Sandra K. Friday
In 1967 Parks was asked by
Life
magazine for whom he worked to do a photo essay on why black people were rioting and why they were so discontented. He located the Fontenelle family in a tenement in Harlem and visited them daily, becoming involved for years in their struggle. One of the photos he took of Norman Jr. reading in bed is a provocative complement to "Black Muslim Schoolchildren."
The title of this photo
, "
Norman Jr. Reading in Bed," (
HPA
, p. 233), sounds promising: a boy reading in bed. But what we see is a joyless adolescent, under a grey blanket, wearing his jacket, most likely because there is no heat, lying on a mattress against a wall with three large holes in the plaster that exposes the lath underneath.
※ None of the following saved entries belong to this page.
//! 64 bytes of a prepared submission.

use crate::word::Word;

/// 64 bytes of a prepared submission: of a piece or of a batch. The bytes from 56 on are zero.
#[derive(Clone, Copy)]
pub struct Entry {
    /// Bytes 0 to 7: the owner, the flags and the operation code.
    pub head: [u8; 8],
    /// Bytes 8 to 15: the address of the completion record.
    pub completion: Word,
    /// Bytes 16 to 23: an address, or a pattern.
    pub first: Word,
    /// Bytes 24 to 31: an address, or a pattern.
    pub second: Word,
    /// Bytes 32 to 39: the size and the interrupt handle.
    pub middle: [u8; 8],
    /// Bytes 40 to 47: a dualcast's second destination, or what else the operation has there; but the address of a
    /// checksum's seed is in bytes 48 to 55. The other eight are zero.
    pub own: Word,
}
It is not clear whether there are sheets on the bed or whether the striped fabric is pillow-ticking, the covering over the mattress.
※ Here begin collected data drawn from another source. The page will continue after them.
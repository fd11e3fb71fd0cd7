//! The entries of a plan's groups.

ghost use Rattle.std.specs.Prelude.{◌≡◌, ℕ, ◌+◌, ◌*◌, ◌≤◌, ◌<◌, ◌++◌, ◌∷◌, [], take, drop, length, IfOk, OnOk, replicate, if◌then◌else◌};
ghost use Rattle.std.specs.Int.{w32, to_le_bytes};
ghost use Rattle.dsa_descriptor.specs.Pieces.{most_pieces};
ghost use Rattle.dsa_operations.specs.Operations.{spelling_of};
ghost use Rattle.dsa_emission.specs.declared.place.Place.{Place};
ghost use Rattle.dsa_settings.specs.Plan.{piece_count};
ghost use Rattle.dsa_emission.specs.Emission.{batch_count, batched, batched_count, is_batch};
ghost use Rattle.dsa_prepared.specs.declared.word.Word.TheVariants.{InStaging, Fixed};
ghost use Rattle.dsa_prepared.specs.Entries.{fenced_entries};
ghost use Rattle.dsa_prepared.specs.Preparing.{AreRegions};
ghost use Rattle.dsa_prepared.specs.Sound.{AreNonempty};
ghost use Rattle.dsa_prepared.specs.Templates.{group_entries, portal_entries, staging_entries};

use crate::entry::Entry;
use crate::template::entry_of;
use crate::word::Word;
use dsa_descriptor::Span;
use dsa_operations::Operation;
use dsa_plan::Group;
use std::alloc::{AllocError, Global};

/// The entry of a batch of this owner, whose record and descriptors are at these offsets of the staging area.
fn batch_entry(first: &Operation, record_at: u64, list_at: u64, count: u32) -> Entry
    ensures { result ≡ record {
      head = take 4 (spelling_of first.now) ++ to_le_bytes w32 0x0100000c;
      completion = InStaging record_at;
      first = InStaging list_at;
      second = Fixed 0;
      middle = to_le_bytes w32 count ++ replicate 4 0;
      own = Fixed 0;
    } }
{
    let bytes = first.write();
    let size = count.to_le_bytes();
    Entry {
        head: [bytes[0], bytes[1], bytes[2], bytes[3], 0x0c, 0, 0, 1],
        completion: Word::InStaging(record_at),
        first: Word::InStaging(list_at),
        second: Word::Fixed(0),
        middle: [size[0], size[1], size[2], size[3], 0, 0, 0, 0],
        own: Word::Fixed(0),
    }
}

/// How many batches the group is: one, or none if it is a single piece.
fn batches_of(group: &Group) -> usize
    ensures { result ≡ if is_batch group.now then 1 else 0 }
{
    if group.len() > 1 { 1 } else { 0 }
}

/// How many of its pieces are in a batch.
fn batched_of(group: &Group) -> usize
    ensures { result ≡ batched group.now }
{
    if group.len() > 1 { group.len() } else { 0 }
}

/// How many batches there are.
pub(crate) fn batch_count(groups: &[Group]) -> usize
    requires { piece_count groups.now ≤ most_pieces }
    ensures { result ≡ batch_count groups.now }
{
    let mut count = 0;
    for group in groups {
        count += batches_of(group);
    }
    count
}

/// How many pieces are in batches.
fn batched_total(groups: &[Group]) -> usize
    requires { piece_count groups.now ≤ most_pieces }
    ensures { result ≡ batched_count groups.now }
{
    let mut total = 0;
    for group in groups {
        total += batched_of(group);
    }
    total
}

/// The entry of the group whose pieces begin at `start`: of its piece, or of its batch, whose record and descriptors
/// are at these offsets of the staging area.
fn group_entry(
    regions: &[Span],
    group: &Group,
    pieces: &[Operation],
    start: usize,
    record_at: u64,
    list_at: u64,
) -> Entry
    requires rising { AreRegions regions.now }
    requires nonempty { 0 < length group.now }
    requires within { start + length group.now ≤ length pieces.now }
    requires few { length pieces.now ≤ most_pieces }
    ensures { (total : ℕ) (place : Place) → place.start ≡ start →
        64 * total + 32 * place.batches ≡ record_at → 64 * place.batched ≡ list_at →
        group_entries regions.now total place group.now pieces.now ≡ result ∷ [] }
{
    if group.len() > 1 {
        batch_entry(&pieces[0], record_at, list_at, group.len() as u32)
    } else {
        entry_of(regions, false, &pieces[start])
    }
}

/// One entry for each group.
pub(crate) fn portal_entries(
    alloc: Global,
    regions: &[Span],
    groups: &[Group],
    pieces: &[Operation],
) -> Result<Vec<Entry>, AllocError>
    requires rising { AreRegions regions.now }
    requires covers { piece_count groups.now ≡ length pieces.now }
    requires few { length pieces.now ≤ most_pieces }
    requires nonempty { AreNonempty groups.now }
    ensures { IfOk result (λ entries.
        entries.items ≡ portal_entries regions.now groups.now pieces.now) }
{
    let total = batched_total(groups);
    let mut entries = Vec::with_capacity(alloc, groups.len())?;
    let (mut start, mut batches, mut batched) = (0, 0, 0);
    for group in groups {
        let record_at = 64 * total as u64 + 32 * batches as u64;
        let list_at = 64 * batched as u64;
        entries.push(group_entry(regions, group, pieces, start, record_at, list_at))?;
        start += group.len();
        batches += batches_of(group);
        batched += batched_of(group);
    }
    Ok(entries)
}

/// Adds the entries of the pieces of a batch, each fenced if the group says so.
fn stage_batch(
    entries: &mut Vec<Entry>,
    regions: &[Span],
    group: &Group,
    pieces: &[Operation],
) -> Result<(), AllocError>
    requires rising { AreRegions regions.now }
    requires within { length group.now ≤ length pieces.now }
    ensures { OnOk result (entries.new.items ≡
        entries.old.items ++ fenced_entries regions.now group.now pieces.now) }
{
    let fences = group.fences();
    for k in 0..fences.len() {
        entries.push(entry_of(regions, fences[k], &pieces[k]))?;
    }
    Ok(())
}

/// Adds the entries that the group whose pieces begin at `start` has in the staging area.
fn stage_group(
    entries: &mut Vec<Entry>,
    regions: &[Span],
    group: &Group,
    pieces: &[Operation],
    start: usize,
) -> Result<(), AllocError>
    requires rising { AreRegions regions.now }
    requires within { start + length group.now ≤ length pieces.now }
    ensures { OnOk result (entries.new.items ≡ entries.old.items ++
        (if is_batch group.now
        then fenced_entries regions.now group.now (drop start pieces.now)
        else [])) }
{
    if group.len() > 1 {
        return stage_batch(entries, regions, group, &pieces[start..]);
    }
    Ok(())
}

/// The entries of the pieces in batches.
pub(crate) fn staging_entries(
    alloc: Global,
    regions: &[Span],
    groups: &[Group],
    pieces: &[Operation],
) -> Result<Vec<Entry>, AllocError>
    requires rising { AreRegions regions.now }
    requires covers { piece_count groups.now ≡ length pieces.now }
    requires few { length pieces.now ≤ most_pieces }
    ensures { IfOk result (λ entries.
        entries.items ≡ staging_entries regions.now groups.now pieces.now) }
{
    let mut entries = Vec::with_capacity(alloc, batched_total(groups))?;
    let mut start = 0;
    for group in groups {
        stage_group(&mut entries, regions, group, pieces, start)?;
        start += group.len();
    }
    Ok(entries)
}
"Black Muslim Schoolchildren" conveys optimism that books and education will be the answer for the children in the photo, but I have a sinking feeling, looking at Norman Jr., that his book is not enough to lift him out of the morass of his poverty. Even in the composition of the photo, Norman is horizontal, lying on the bed against a decrepit wall with holes in the plaster, signifying emptiness; in a sense, he is already down. In "Black Muslim Schoolchildren," verticals make up most of the composition and the bright-eyed boys are about to move forward into their future.